District Judge Liam McNally, said it was ‘very easy to resolve the case’ concerning three charges of receiving stolen goods.


He did not sentence the defendant, 20-year old Lee Williams, of Drummurry Court immediately, but rather adjourned until July 22 for a short sentence report.

The stolen goods included a Mountfield Express lawnmower belonging to Gordon Thompson, various tools, equipment, machinery and ride on motors belonging to Roy Roulston, as well as red Clarke Welder, also belonging to Mr Roulston.

Denying the charges against him Williams took the stand and explained that on November 12, 2012 he had been interviewed by police about a number of items he had received after a phone call from a business associate.
Williams explained that he had been asked if he was interested in a few socket sets to which he agreed and the items were brought down to his place of work.

He arrived back briefly at the garage that evening to collect two tyres in one of the buildings and when he collected them he observed a couple of sockets and cases of tools.
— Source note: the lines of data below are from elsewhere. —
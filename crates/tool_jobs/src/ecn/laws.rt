//! What whole lines say.
ghost use Rattle.std.specs.Prelude.{◌≡◌, ◌↔◌, ℕ, List, Some, Ok, Err};
ghost use Rattle.dccp_ecn.specs.declared.event.EcnEvent.{EcnEvent};
ghost use Rattle.tool_text.specs.declared.words.faults.LineFault.{LineFault};
ghost use Rattle.tool_text.specs.Lines.{IsSpokenLine, first_fault};
ghost use Rattle.tool_jobs.specs.Forms.{ecn_row, read_ecn_line};

/// A line is accepted as an event exactly if it is the form's words, separated by one space, with a nonce of 0 or 1, or
/// with an index below 2^47 in decimal (own).
pub fn ecn_lines_are_their_forms()
    ensures { (text : List ℕ) (event : EcnEvent)
        → (read_ecn_line text ≡ Ok (Some event)) ↔ IsSpokenLine ecn_row text event }
{}

/// A line is refused exactly for its first fault, at that fault's column: its length, a byte that is no text, and then
/// its words from the left (own).
pub fn the_first_fault_of_an_ecn_line_is_answered()
    ensures { (text : List ℕ) (fault : LineFault)
        → (read_ecn_line text ≡ Err fault) ↔ (first_fault ecn_row text ≡ Some fault) }
{}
When asked by defence barrister Heather Phillips if he had seen a quad bike, any power tools or any extra buckets, he said he had not and that all he had seen were ten boxes of sockets and tools.

After claiming to be unable to get a chance to look at the items for a number of days, Williams was interviewed by police who asked him if he knew the items he had received were stolen.

He told them he did not and told them he was selling them for another man. When asked if he had questioned the origin of the items received, Williams said he thought ‘they were more rubbish than anything else’.


In cross examination the prosecutor asked Williams what he thought of the man he had received the phone call from to which he replied: “I didn’t think very much of him, I thought he was a drug dealer.”

The prosecutor then questioned why he had taken the call and why he didn’t ask where the goods had came from, considering his opinion of the man.

The prosecutor asked the defendant had he dealt with his associate previously and Williams confirmed he had dealings a few days earlier when he had given him a car.

It was submitted by the prosecutor that the defendant had created a false impression of himself to the court and referred to the fact that he had been spoken to by police regarding another transaction with the associate.

The district judge said the evidence acquired showed the goods had been found at his place of work and that he had acknowledged receipt of items.

He said that Williams did not want to ask questions about where the goods had came from and didn’t care about their origin.

“You knew quite well, a dog in the street would have known these goods were stolen items,” commented the judge.

He told Williams he was in danger of a custodial sentence and couldn’t give him any credit for his plea as he never admitted his guilt.